# Kernel (gentoo-sources) Compile issues.

## craftyc

I have emerged the gentoo-sources and when I try to compile I get this error at the end.

```
ake[2]: Leaving directory `/usr/src/linux-2.4.19-gentoo-r5/arch/i386/lib'

make[1]: Leaving directory `/usr/src/linux-2.4.19-gentoo-r5/arch/i386/lib'

gcc -E -C -P -I/usr/src/linux-2.4.19-gentoo-r5/include -imacros /usr/src/linux-2.4.19-gentoo-r5/include/asm                                   6/vmlinux.lds.S >arch/i386/vmlinux.lds

ld -m elf_i386 -T /usr/src/linux-2.4.19-gentoo-r5/arch/i386/vmlinux.lds -e stext arch/i386/kernel/head.o ar                                   n.o init/version.o init/do_mounts.o \

        --start-group \

        arch/i386/kernel/kernel.o arch/i386/mm/mm.o kernel/kernel.o mm/mm.o fs/fs.o ipc/ipc.o \

         drivers/char/char.o drivers/block/block.o drivers/misc/misc.o drivers/net/net.o drivers/media/medi                                   ide/idedriver.o drivers/scsi/scsidrv.o drivers/cdrom/driver.o drivers/sound/sounddrivers.o drivers/pci/driv                                   o/video.o \

        net/network.o \

        /usr/src/linux-2.4.19-gentoo-r5/arch/i386/lib/lib.a /usr/src/linux-2.4.19-gentoo-r5/lib/lib.a /usr/                                   6/lib/lib.a \

        --end-group \

        -o vmlinux

init/main.o: In function `smp_init':

init/main.o(.text.init+0x59e): undefined reference to `skip_ioapic_setup'

arch/i386/kernel/kernel.o: In function `broken_pirq':

arch/i386/kernel/kernel.o(.text.init+0x3252): undefined reference to `skip_ioapic_setup'

make: *** [vmlinux] Error 1

```

It does not matter which options I enable or disable, I still get this error.

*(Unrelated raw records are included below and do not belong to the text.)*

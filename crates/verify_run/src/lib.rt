//! The command `verify` of both programs: what a record of either kind proves of a project.
//!
//! [`run_verify`] reads a project and then a record: one of a tree whole, and one of lemmas piece by piece.
#![tactic(auto)]

mod log_proof;
mod scope;
mod tree_proof;
mod verifying;

pub use lemma_record::LogPart;
pub use scope::Scope;
pub use verifying::{RecordKind, run_verify};
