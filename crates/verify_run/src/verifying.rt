//! A run that verifies a record of either kind.

ghost use Rattle.std.specs.Prelude.{◌≡◌, ◌≢◌, ◌<◌, ◌+◌, ◌↔◌, Some, Err, IfOk, IfErr, IfSome, IfNone, IsTrue};
ghost use Rattle.network.specs.Problem.{IsProject};
ghost use Rattle.record_text.specs.declared.TheConstants.{MAX_RECORD_BYTES};
ghost use Rattle.devices.specs.declared.fault.Fault.TheVariants as faults;
ghost use Rattle.devices.specs.Faults.{exit_of, IsInputFault};
ghost use Rattle.devices.specs.Runs.{span, FailedWhere, GaveNoProject, GaveSome, GaveUpTo, IfKnown, IsUntouched, TookAll, TookFront};
ghost use Rattle.verify_run.specs.Verified.{HasReadRecord};
ghost use Rattle.verify_run.specs.Verified.{BeginsTree, IfBothKnown, IsNoProof, IsProof, IsRecordFault, IsRecordProof, IsTree, Proves};

use crate::log_proof::log_proof;
use crate::scope::Scope;
use crate::tree_proof::tree_proof;
use answers::Answer;
use devices::{Ended, Fault, Input, Output, read_on, read_project, write_answer};
use network::Project;
use std::alloc::Global;

/// The kinds of records: the tree of a search of psmax, or the lemmas of one of psprove.
#[derive(Clone, Copy, PartialEq, Eq, Debug)]
pub enum RecordKind {
    Tree,
    Lemmas,
}

/// How many bytes the title of a record has, with LF.
const TITLE: usize = 9;

/// Whether a record that begins so is one of a tree. Where the title is of neither kind, it is taken for one of the kind
/// at hand. One that may be cut off, or of which a part is checked, is one of lemmas.
fn begins_tree(scope: &Scope, own: RecordKind, head: &[u8]) -> bool
    ensures { IsTrue result ↔ BeginsTree scope.now own head.now }
{
    let Scope::Whole = scope else {
        return false;
    };
    match own {
        RecordKind::Tree => head != b"record 3\n".as_slice(),
        RecordKind::Lemmas => head == b"record 1\n".as_slice(),
    }
}

/// Reads a record, and says what it proves of a project.
fn record_proof<I: Input>(
    alloc: Global,
    scope: &Scope,
    own: RecordKind,
    project: &Project,
    input: &mut I,
) -> Result<Answer, Fault>
    requires input { I.failed input.old < u64.MAX }
    requires project { IsProject project.now }
    ensures said { IfOk result (λ a. (a.exit ≡ 0) × IfKnown (I.left input.old)
        (λ text. IsRecordProof scope.now own project.now text a.text.items)) }
    ensures refused { IfErr result (λ fault. exit_of fault ≢ 1 → IfKnown (I.left input.old)
        (λ text. IsRecordFault scope.now own project.now text fault)) }
    ensures fault { IfErr result IsInputFault }
    ensures failed { FailedWhere (result ≡ Err faults.ReadFailed) (span I.left I.failed input.old input.new) }
    ensures given { GaveSome (span I.left I.failed input.old input.new) }
    ensures within { IfKnown (I.left input.old) (λ text. IsTree scope.now own text
        → GaveUpTo (MAX_RECORD_BYTES + 1) (span I.left I.failed input.old input.new)) }
{
    let head = read_on(TITLE, Vec::new(alloc), input)?;
    if begins_tree(scope, own, &head) {
        tree_proof(alloc, project, head, input)
    } else {
        log_proof(alloc, scope, project, &head, input)
    }
}

/// What the inputs prove. The project is read and judged before the record is read.
fn proof<I: Input, S: Input>(
    alloc: Global,
    scope: &Scope,
    own: RecordKind,
    input: &mut I,
    second: &mut S,
) -> Result<Answer, Fault>
    requires input { I.failed input.old < u64.MAX }
    requires second { S.failed second.old < u64.MAX }
    ensures said { IfOk result (λ a. (a.exit ≡ 0) × IfBothKnown (I.left input.old) (S.left second.old)
        (λ text more. IsProof scope.now own text more a.text.items)) }
    ensures refused { IfErr result (IsNoProof scope.now own (I.left input.old) (S.left second.old)) }
    ensures fault { IfErr result IsInputFault }
    ensures read { HasReadRecord (result ≡ Err faults.ReadFailed)
        (span I.left I.failed input.old input.new) (span S.left S.failed second.old second.new) }
    ensures project_first { GaveNoProject (span S.left S.failed second.old second.new)
        → IsUntouched (span I.left I.failed input.old input.new) }
    ensures within { IfKnown (I.left input.old) (λ text. IsTree scope.now own text
        → GaveUpTo (MAX_RECORD_BYTES + 1) (span I.left I.failed input.old input.new)) }
{
    let project = read_project(alloc, second)?;
    record_proof(alloc, scope, own, &project, input)
}

/// Reads a project from the second input and then a record from the first. Writes what the record proves of the project
/// and nothing else: `proved optimal C`, `proved bound C` or `proved no schedule`, and LF. A record of lemmas that is cut
/// off is wrong, unless what it proves so far is asked for. Of part K of N the line begins with `part K/N of `: that is
/// proved if all parts are right. After a failure a device isn't called again.
pub fn run_verify<I: Input, S: Input, O: Output>(
    alloc: Global,
    scope: &Scope,
    own: RecordKind,
    input: &mut I,
    second: &mut S,
    out: &mut O,
) -> Ended
    requires input { I.failed input.old < u64.MAX }
    requires second { S.failed second.old < u64.MAX }
    requires out { O.failed out.old < u64.MAX }

    // No fault: what is proved was written whole.
    ensures proved { IfNone result.fault ((result.exit ≡ 0)
        × Proves scope.now own (I.left input.old) (S.left second.old) (TookAll (span O.held O.failed out.old out.new))) }

    // The output failed: it holds a beginning of what is proved.
    ensures cut_short { result.fault ≡ Some faults.WriteFailed
        → Proves scope.now own (I.left input.old) (S.left second.old) (TookFront (span O.held O.failed out.old out.new)) }

    // Any other fault: nothing is proved, and nothing was written.
    ensures refused { IfSome result.fault (IsNoProof scope.now own (I.left input.old) (S.left second.old)) }
    ensures silent { IfSome result.fault (λ fault. fault ≢ faults.WriteFailed → out.new ≡ out.old) }
    ensures status { IfSome result.fault (λ fault. result.exit ≡ exit_of fault) }

    // What was read, the project first, of a tree no more than it may have and a byte; and the failures of devices.
    ensures read { HasReadRecord (result.fault ≡ Some faults.ReadFailed)
        (span I.left I.failed input.old input.new) (span S.left S.failed second.old second.new) }
    ensures project_first { GaveNoProject (span S.left S.failed second.old second.new)
        → IsUntouched (span I.left I.failed input.old input.new) }
    ensures within { IfKnown (I.left input.old) (λ text. IsTree scope.now own text
        → GaveUpTo (MAX_RECORD_BYTES + 1) (span I.left I.failed input.old input.new)) }
    ensures failed { FailedWhere (result.fault ≡ Some faults.WriteFailed) (span O.held O.failed out.old out.new) }
{
    match proof(alloc, scope, own, input, second) {
        Ok(answer) => write_answer(out, &answer),
        Err(fault) => Ended::with(fault),
    }
}
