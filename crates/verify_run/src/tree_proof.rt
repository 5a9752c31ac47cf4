//! What a record of a tree proves.

ghost use Rattle.std.specs.Prelude.{◌≡◌, ◌≢◌, ◌<◌, ◌≤◌, ◌+◌, ◌-◌, ◌++◌, Err, length, IfOk, IfErr};
ghost use Rattle.record_text.specs.Text.{search_kind};
ghost use Rattle.record_text.specs.FirstWrong.{IsFirstFaultBy};
ghost use Rattle.search_record.specs.Right.{search_judge};
ghost use Rattle.devices.specs.declared.fault.Fault.{Fault};
ghost use Rattle.devices.specs.declared.fault.Fault.TheVariants as faults;
ghost use Rattle.verify_run.specs.Verified.{IsProvedText};
ghost use Rattle.devices.specs.Faults.{exit_of, IsInputFault, IsTextFault};
ghost use Rattle.devices.specs.Runs.{span, FailedWhere, GaveUpTo, IfKnown};
ghost use Rattle.verify_run.specs.Verified.{GivesTree, IsTreeFault, IsTreeProof, Tells};

use answers::{Answer, proved_text};
use devices::{Fault, Input, read_on};
use network::Project;
use record_text::MAX_RECORD_BYTES;
use search_record::{Record, verify};
use std::alloc::Global;

/// What a record proves of a project.
fn proof_of(alloc: Global, project: &Project, shown: &Record) -> Result<Answer, Fault>
    ensures said { IfOk result
        (λ a. (a.exit ≡ 0) × IsProvedText search_kind search_judge project.now shown.now a.text.items) }
    ensures refused { IfErr result (λ fault. exit_of fault ≢ 1 → Tells (IsFirstFaultBy search_judge project.now shown.now) fault) }
    ensures fault { IfErr result IsTextFault }
{
    let proved = verify(alloc, project, shown)?;
    let text = proved_text(alloc, proved)?;
    Ok(Answer::of(text, 0))
}

/// What the record in a text proves of a project. Otherwise the first fault of the text, or of the record.
fn verified(alloc: Global, project: &Project, text: &[u8]) -> Result<Answer, Fault>
    ensures said { IfOk result (λ a. (a.exit ≡ 0) × IsTreeProof project.now text.now a.text.items) }
    ensures refused { IfErr result (λ fault. exit_of fault ≢ 1 → IsTreeFault project.now text.now fault) }
    ensures fault { IfErr result IsTextFault }
{
    let shown = Record::read(alloc, text)?;
    proof_of(alloc, project, &shown)
}

/// Reads a record of a tree on to its end, and says what it proves of a project.
pub(crate) fn tree_proof<I: Input>(
    alloc: Global,
    project: &Project,
    head: Vec<u8>,
    input: &mut I,
) -> Result<Answer, Fault>
    requires head { length head.items ≤ MAX_RECORD_BYTES + 1 }
    requires input { I.failed input.old < u64.MAX }
    ensures said { IfOk result (λ a. (a.exit ≡ 0) × IfKnown (I.left input.old)
        (λ rest. IsTreeProof project.now (head.items ++ rest) a.text.items)) }
    ensures refused { IfErr result (λ fault. exit_of fault ≢ 1 → IfKnown (I.left input.old)
        (λ rest. IsTreeFault project.now (head.items ++ rest) fault)) }
    ensures fault { IfErr result IsInputFault }
    ensures failed { FailedWhere (result ≡ Err faults.ReadFailed) (span I.left I.failed input.old input.new) }
    ensures within { GaveUpTo (MAX_RECORD_BYTES + 1 - length head.items) (span I.left I.failed input.old input.new) }
{
    let text = read_on(MAX_RECORD_BYTES + 1, head, input)?;
    verified(alloc, project, &text)
}
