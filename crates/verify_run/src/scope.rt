//! What of a log is checked, and the line that says what it shows.

ghost use Rattle.std.specs.Prelude.{◌≡◌, IfOk, string_bytes};
ghost use Rattle.verify_run.specs.Verified.{line_of, part_in};

use answers::proved_text;
use lemma_record::LogPart;
use network::Verdict;
use std::alloc::{AllocError, Global};
use std::fmt::Write;

/// What of a log is checked.
#[derive(Clone, Copy, Debug)]
pub enum Scope {
    /// All of it.
    Whole,
    /// All of it as far as it goes: it may be cut off.
    SoFar,
    /// A part of it.
    Part(LogPart),
}

impl Scope {
    /// The part that is checked.
    pub(crate) fn part(&self) -> LogPart
        ensures { result ≡ part_in self.now }
    {
        match self {
            Scope::Whole => LogPart::whole(),
            Scope::SoFar => LogPart::whole(),
            Scope::Part(part) => *part,
        }
    }

    /// The line of what is shown.
    pub(crate) fn line(&self, alloc: Global, shown: Verdict) -> Result<String, AllocError>
        ensures { IfOk result (λ line. string_bytes line ≡ line_of self.now shown) }
    {
        let text = proved_text(alloc, shown)?;
        let Scope::Part(part) = self else {
            return Ok(text);
        };
        let mut line = String::new(alloc);
        let (number, count) = (part.number(), part.count());
        write!(line, "part {number}/{count} of ")?;
        line.push_str(text.as_str())?;
        Ok(line)
    }
}
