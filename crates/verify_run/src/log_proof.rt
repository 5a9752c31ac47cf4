//! What a record of lemmas proves, which is read piece by piece.

ghost use Rattle.std.specs.Prelude.{◌≡◌, ◌≢◌, ◌<◌, ◌++◌, [], ℕ, List, Err, IfOk, IfErr};
ghost use Rattle.network.specs.Problem.{IsProject, Problem};
ghost use Rattle.devices.specs.declared.fault.Fault.TheVariants as faults;
ghost use Rattle.devices.specs.Faults.{exit_of, IsInputFault, IsTextFault};
ghost use Rattle.lemma_record.specs.Reached.{HasChecked};
ghost use Rattle.devices.specs.Runs.{span, FailedWhere, GaveSome, IfKnown};
ghost use Rattle.verify_run.specs.Verified.{IsLogProof, Shows, TellsEvent, part_in};

use crate::scope::Scope;
use answers::Answer;
use devices::{Fault, Input};
use lemma_record::{Checker, claim_law};
use network::{Project, Verdict};
use std::alloc::Global;

/// How many bytes are read at once, at most.
const PIECE: usize = 16_384;

/// What a record of lemmas shows that was read.
fn shown(scope: &Scope, checker: &Checker<'_>) -> Result<Verdict, Fault>
    requires { checker.now.part ≡ part_in scope.now }
    ensures shown { IfOk result (λ what. (p : Problem) (text : List ℕ) → HasChecked p text checker.now
        → Shows scope.now p text what) }
    ensures refused { IfErr result (λ fault. (p : Problem) (text : List ℕ) → HasChecked p text checker.now
        → TellsEvent scope.now p text fault) }
    ensures fault { IfErr result IsTextFault }
{
    if let Scope::SoFar = scope {
        return Ok(checker.proved());
    }
    Ok(checker.finish()?)
}

/// Reads a record of lemmas on to its end, checks what is to be checked as it comes, and says what it shows. One of
/// 2^64 - 1 pieces and more is given up.
fn read_log<I: Input>(
    scope: &Scope,
    checker: &mut Checker<'_>,
    head: &[u8],
    input: &mut I,
) -> Result<Verdict, Fault>
    requires input { I.failed input.old < u64.MAX }
    requires part { checker.old.part ≡ part_in scope.now }
    ensures shown { IfOk result (λ what. (p : Problem) → HasChecked p [] checker.old
        → IfKnown (I.left input.old) (λ rest. Shows scope.now p (head.now ++ rest) what)) }
    ensures refused { IfErr result (λ fault. exit_of fault ≢ 1 → (p : Problem) → HasChecked p [] checker.old
        → IfKnown (I.left input.old) (λ rest. TellsEvent scope.now p (head.now ++ rest) fault)) }
    ensures fault { IfErr result IsInputFault }
    ensures failed { FailedWhere (result ≡ Err faults.ReadFailed) (span I.left I.failed input.old input.new) }
    ensures given { GaveSome (span I.left I.failed input.old input.new) }
{
    checker.feed(head)?;
    let mut buffer = [0u8; PIECE];
    for _ in 0..u64::MAX {
        let Ok(n) = input.pull(&mut buffer) else {
            return Err(Fault::ReadFailed);
        };
        if n == 0 {
            return shown(scope, checker);
        }
        checker.feed(&buffer[..n])?;
    }
    Err(Fault::Memory)
}

/// What a record of lemmas shows of a project, of which this is the front.
fn verdict<I: Input>(
    alloc: Global,
    scope: &Scope,
    project: &Project,
    head: &[u8],
    input: &mut I,
) -> Result<Verdict, Fault>
    requires { I.failed input.old < u64.MAX }
    ensures shown { IfOk result (λ what. IfKnown (I.left input.old)
        (λ rest. Shows scope.now project.now (head.now ++ rest) what)) }
    ensures refused { IfErr result (λ fault. exit_of fault ≢ 1 → IfKnown (I.left input.old)
        (λ rest. TellsEvent scope.now project.now (head.now ++ rest) fault)) }
    ensures fault { IfErr result IsInputFault }
    ensures failed { FailedWhere (result ≡ Err faults.ReadFailed) (span I.left I.failed input.old input.new) }
    ensures given { GaveSome (span I.left I.failed input.old input.new) }
{
    let mut checker = Checker::new(alloc, project, scope.part())?;
    read_log(scope, &mut checker, head, input)
}

/// Reads a record of lemmas on to its end, and says what it proves of a project.
pub(crate) fn log_proof<I: Input>(
    alloc: Global,
    scope: &Scope,
    project: &Project,
    head: &[u8],
    input: &mut I,
) -> Result<Answer, Fault>
    requires input { I.failed input.old < u64.MAX }
    requires project { IsProject project.now }
    ensures said { IfOk result (λ a. (a.exit ≡ 0) × IfKnown (I.left input.old)
        (λ rest. IsLogProof scope.now project.now (head.now ++ rest) a.text.items)) }
    ensures refused { IfErr result (λ fault. exit_of fault ≢ 1 → IfKnown (I.left input.old)
        (λ rest. TellsEvent scope.now project.now (head.now ++ rest) fault)) }
    ensures fault { IfErr result IsInputFault }
    ensures failed { FailedWhere (result ≡ Err faults.ReadFailed) (span I.left I.failed input.old input.new) }
    ensures given { GaveSome (span I.left I.failed input.old input.new) }
{
    claim_law();
    let shown = verdict(alloc, scope, project, head, input)?;
    let text = scope.line(alloc, shown)?;
    Ok(Answer::of(text, 0))
}
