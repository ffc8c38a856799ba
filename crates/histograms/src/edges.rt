//! The rows that the edges of a window reach.
ghost use Rattle.std.specs.Prelude.{◌≡◌, ◌≤◌, pos, ◌+ℤ◌, ◌-ℤ◌, length};
ghost use Rattle.arith.specs.Tab.{tab};
ghost use Rattle.ring.specs.Ring.{row_at};
ghost use Rattle.histograms.specs.Edges.{EdgeOf, times_of, row_of, counted_sample, EdgeRowFits};

use ring::row_at;

/// The number of the row that an edge reaches, which is negative above the first.
fn reach(arrival: usize, delay: usize, edge: i8) -> i64
    requires { (arrival ≤ 65550) × (delay ≤ 15) }
    ensures { result ≡ (pos arrival -ℤ pos delay) +ℤ edge }
{
    arrival as i64 - delay as i64 + i64::from(edge)
}

/// The row that an edge reaches from row `arrival` - `delay`, of `given` rows: none where it is below 0 or no row that was given.
pub fn edge_of(arrival: usize, delay: usize, given: usize, edge: i8) -> Option<usize>
    requires { (arrival ≤ 65550) × (delay ≤ 15) }
    ensures { EdgeOf given ((pos arrival -ℤ pos delay) +ℤ edge) (times_of result) (row_of result) }
{
    let row = usize::try_from(reach(arrival, delay, edge)).ok()?;
    if given <= row {
        return None;
    }
    Some(row)
}

/// How often that row counts: once, or not at all where there is none.
pub fn times(reached: Option<usize>) -> u16
    ensures { result ≡ times_of reached }
{
    match reached {
        Some(_) => 1,
        None => 0,
    }
}

/// The samples of that row, or zeros where there is none.
pub fn edge_row<'a>(
    samples: &'a [u16],
    row: &'a [u16],
    zeros: &'a [u16],
    arrival: usize,
    reached: Option<usize>,
) -> &'a [u16]
    requires { EdgeRowFits (length row.now) row.now samples.now zeros.now }
    ensures { result.now ≡ tab (length row.now)
        (counted_sample (times_of reached) (row_at (length row.now) arrival row.now samples.now (pos (row_of reached)))) }
{
    match reached {
        Some(e) => row_at(samples, row, arrival, e),
        None => &zeros[..row.len()],
    }
}
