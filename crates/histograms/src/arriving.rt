//! The arrival of a row: question 19, and what it leaves.
ghost use Rattle.std.specs.Prelude.{◌≡◌, ◌≤◌, length};
ghost use Rattle.arith.specs.Tab.{zeroed};
ghost use Rattle.layout.specs.Answers.{said};
ghost use Rattle.histograms.specs.Arrivals.{counting, delay_by, arrive_of, leaves, Fits};
ghost use Rattle.histograms.specs.Parts.{ColumnsCount, Moved, CountFits, Counted, ShowFits, Shown};

use crate::Arrival;
use crate::edges::{edge_of, edge_row, times};
use crate::windows::{Band, span_of};
use arith::power;
use layout::{Question, Rect, Refusal};
use levels::take_columns;
use ring::keep;

/// D of a window: its lead row, or 0 where that is negative.
pub fn delay(d: Rect) -> u32
    ensures { result ≡ delay_by d }
{
    i32::from(d.leadrow).max(0) as u32
}

/// Question 19 of every column, of which `off` leaves and `on` enters; where all are good, their counts are moved on, and otherwise
/// left as they are.
fn count_columns(
    counts: &mut [u16],
    off: &[u16],
    less: u16,
    on: &[u16],
    more: u16,
    a: Arrival,
) -> bool
    requires { ColumnsCount a (length counts.old) (length off.now) less (length on.now) more }
    ensures { Moved a counts.old off.now less on.now more result counts.new }
{
    let levels = power(a.b) as usize;
    let most = a.rect.rows() as u16;
    take_columns(counts, off, less, on, more, a.width, levels, most)
}

/// The same of the rows that the window's edges reach.
fn count_row<'a>(
    counts: &mut [u16],
    zeros: &'a [u16],
    a: Arrival,
    samples: &'a [u16],
    row: &'a [u16],
) -> bool
    requires { CountFits (counting a row.now samples.now counts.old) zeros.now }
    ensures { Counted (counting a row.now samples.now counts.old) result counts.new }
{
    let d = a.rect;
    let number = a.number as usize;
    let late = delay(d) as usize;
    let off = edge_of(number, late, a.given as usize, d.trailrow);
    let on = edge_of(number, late, a.given as usize, d.leadrow);
    let leaving = edge_row(samples, row, zeros, number, off);
    let entering = edge_row(samples, row, zeros, number, on);
    count_columns(counts, leaving, times(off), entering, times(on), a)
}

/// The window counts set to zero.
fn clear(windows: &mut [u16])
    requires { 256 ≤ length windows.old }
    ensures { windows.new ≡ zeroed 256 windows.old }
{
    windows[..256].fill(0);
}

/// The filtered row of these counts; the window counts are zero before it and after it.
fn show_row<'a>(
    out: &mut [i32],
    windows: &mut [u16],
    counts: &'a [u16],
    zeros: &'a [u16],
    a: Arrival,
)
    requires { ShowFits a counts.now zeros.now windows.old (length out.old) }
    ensures { Shown a counts.now out.old windows.old out.new windows.new }
{
    let levels = power(a.b) as usize;
    let span = span_of(a.rect, a.width, levels, a.rank);
    Band {
        counts,
        zeros,
        span,
    }
    .write_row(out, windows);
    clear(windows);
}

/// A row, or a closing row, arrives: question 19. Accepted, the stores hold it, the window counts are zero, and the first L places of
/// the output hold the filtered row that is due, if one is; refused, nothing is changed.
pub fn arrive(
    a: Arrival,
    row: &[u16],
    samples: &mut [u16],
    counts: &mut [u16],
    windows: &mut [u16],
    out: &mut [i32],
) -> Result<(), Refusal>
    requires { Fits (counting a row.now samples.old counts.old) (length windows.old) (length out.old) }
    ensures { leaves (said result) samples.new counts.new windows.new out.new
        ≡ arrive_of (counting a row.now samples.old counts.old) windows.old out.old }
{
    let zeros = [0u16; 1024];
    let good = count_row(counts, &zeros, a, samples, row);
    Refusal::unless(good, Question::Carried)?;
    keep(samples, row, a.number as usize);
    clear(windows);
    if delay(a.rect) <= a.number {
        show_row(out, windows, counts, &zeros, a);
    }
    Ok(())
}
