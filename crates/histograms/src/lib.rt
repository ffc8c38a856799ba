//! Inner: what the arrival of a row does to the counts of a ranked window. Question 19 is asked of every column, and its counts are moved
//! on; where one is not good, all are what they were, and nothing else is written. Then the row is kept, and the filtered row that is due
//! is written while the window counts slide along the columns, zero before and after. A caller has asked all before 19 (`Fits`).
#![tactic(auto)]

mod arriving;
mod edges;
mod windows;

pub use arriving::{arrive, delay};
use layout::Rect;

/// What arrives, beside the row: the window, the bits of a sample, the rank, the columns, the arrival's number, and how many rows are
/// given, this one included.
#[derive(Clone, Copy)]
pub struct Arrival {
    pub rect: Rect,
    pub b: u8,
    pub rank: u32,
    pub width: usize,
    pub number: u32,
    pub given: u32,
}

Any ideas what could be causing this? Thanks in advance.

----------

## jay

Did you enable the "Symmetric multi-processing support" in Processor type and features? I got a very similiar error when I tried to toggle this off.

----------

## craftyc

 *jay wrote:*   

> Did you enable the "Symmetric multi-processing support" in Processor type and features? I got a very similiar error when I tried to toggle this off.

 

I enabled the option and everythings hunky-dory. 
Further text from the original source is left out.